▸ WHAT TO PRODUCE
Copy out, exactly as written, only the line containing "pub use instants::is_low;" and the lines after it through the end of the records.

══ GIVEN ENTRIES

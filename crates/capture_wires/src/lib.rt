//! Dumps of several wires (IEEE 1364-2005, 18): the CEC line, and below it who drives it, a wire for each device and one
//! for the pulses; and beside them wires of text.
#![tactic(auto)]

mod definitions;
mod drive;
mod instants;
mod noted;

pub use definitions::{add_closing, add_closing_with, add_opening, add_variable};
pub use drive::Drive;
pub use instants::is_low;
pub use noted::{WireText, add_noted_wires, add_wires};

════

▸ RESULT
pub use instants::is_low;
pub use noted::{WireText, add_noted_wires, add_wires};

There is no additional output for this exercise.